WORK INSTRUCTIONS - Go line by line through the records below. Copy whichever lines contain the string "declared".

DATA SUPPLIED -
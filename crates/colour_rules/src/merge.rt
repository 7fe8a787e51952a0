//! A step of the merging of a forest with those before it.
ghost use Rattle.std.specs.Prelude.{◌≡◌, ◌<◌, ◌≤◌, ◌*◌, ◌↔◌, ℕ, IsTrue, Some, None, [], true, if◌then◌else◌, length};
ghost use Rattle.forest_merge.specs.Free.{HasFree};
ghost use Rattle.node_api.specs.Boxes.{at_port, nothing};
ghost use Rattle.node_api.specs.Program.{span};
ghost use Rattle.colour_rules.specs.declared.payload.Payload.TheVariants.{Chosen};
ghost use Rattle.colour_rules.specs.declared.phase.Phase.TheVariants.{Merge};
ghost use Rattle.colour_rules.specs.Node.{IsPhase, ports, steps};
ghost use Rattle.colour_rules.specs.Choice.{ChosenWithin, chooses, free_for, with_heard, is_taken, with_chosen};
ghost use Rattle.colour_rules.specs.Refusals.{own_rule};
ghost use Rattle.colour_rules.specs.Program.{work_of};

use crate::node::ColourNode;
use crate::payload::Payload;
use crate::rules::COLOUR_RANGE;
use forest_merge::ColourSet;
use node_api::{Inbox, Outbox};

// Puts the colours that came as chosen into a set.
pub(crate) fn add_chosen<const N: usize>(chosen: &mut ColourSet<N>, inbox: &Inbox<Payload>)
    requires colours { (port c : ℕ) → at_port inbox.now.slots port ≡ Some (Chosen c) → c < 64 * N }
    ensures chosen { chosen.new ≡ with_chosen chosen.old inbox.now.slots }
{
    let mut reader = inbox.reader();
    while reader.has_next() {
        if let Payload::Chosen(colour) = reader.next() {
            chosen.add(colour.get());
        }
    }
}

impl ColourNode {
    // Whether the node chooses its colour at a step of a forest: the step is that of the pair of its
    // three-colour and its old colour.
    fn chooses(&self, forest: u16, step: u32) -> bool
        requires forest { forest < self.now.sizes.forests }
        requires step { step < steps self.now.sizes }
        ensures { result ≡ chooses (with_heard self.now step []) forest step }
    {
        let old = if step == 0 {
            self.merged
        } else {
            self.colour_before
        };
        let three = self.colours.own(self.id, forest);
        let width = u32::from(self.span()) + 1;
        three <= 2 && three as u32 * width + u32::from(old) == step
    }

    // Whether the node has to choose at this step and every colour is taken.
    pub(crate) fn has_no_choice(&self, forest: u16, step: u32, inbox: &Inbox<Payload>) -> bool
        requires forest { forest < self.now.sizes.forests }
        requires step { step < steps self.now.sizes }
        requires colours { ChosenWithin (span self.now.sizes) inbox.now.slots }
        ensures refused { let rule = own_rule self.now (Merge forest step) inbox.now.slots in
            rule ≡ (if result then Some COLOUR_RANGE else None) }
    {
        if !self.chooses(forest, step) {
            return false;
        }
        !self.has_free_at(step, inbox)
    }

    // Whether neighbours have left a colour free in the forest, with what came at this step of it.
    fn has_free_at(&self, step: u32, inbox: &Inbox<Payload>) -> bool
        requires colours { ChosenWithin (span self.now.sizes) inbox.now.slots }
        ensures free { let here = with_heard self.now step inbox.now.slots in
            IsTrue result ↔ HasFree (span self.now.sizes) (is_taken here) }
    {
        step == 0 || self.taken.has_free_with(self.span(), inbox)
    }

    // A step of the merging: the first of a forest begins with the colour so far, the others take in what
    // was chosen; and at the node's turn it takes the least free colour and sends it.
    pub(crate) fn merge(
        &mut self,
        forest: u16,
        step: u32,
        inbox: &Inbox<Payload>,
        out: &mut Outbox<Payload>,
    )
        requires real { IsPhase self.old.sizes (Merge forest step) }
        requires ports { length inbox.now.slots ≡ ports self.old }
        requires out { out.old ≡ nothing (ports self.old) }
        requires colours { ChosenWithin (span self.old.sizes) inbox.now.slots }
        requires free { let here = with_heard self.old step inbox.now.slots in
            chooses here forest step ≡ true → free_for here ≤ span self.old.sizes }
        ensures node { (self.new, out.new) ≡ work_of self.old (Merge forest step) inbox.now.slots }
    {
        let is_turn = self.chooses(forest, step);
        self.gather(step, inbox);
        if is_turn {
            self.merged = self.taken.least_free(self.span());
            if step + 1 != self.steps() {
                self.tell_chosen(forest, out);
            }
        }
    }

    // Hears what was chosen; at the first step of a forest, begins with the colour so far.
    fn gather(&mut self, step: u32, inbox: &Inbox<Payload>)
        requires colours { ChosenWithin (span self.old.sizes) inbox.now.slots }
        ensures node { self.new ≡ with_heard self.old step inbox.now.slots }
    {
        if step == 0 {
            self.colour_before = self.merged;
            self.taken.clear();
        } else {
            self.taken.add_all(inbox);
        }
    }
}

ANSWER SPACE -
ghost use Rattle.colour_rules.specs.declared.payload.Payload.TheVariants.{Chosen};
ghost use Rattle.colour_rules.specs.declared.phase.Phase.TheVariants.{Merge};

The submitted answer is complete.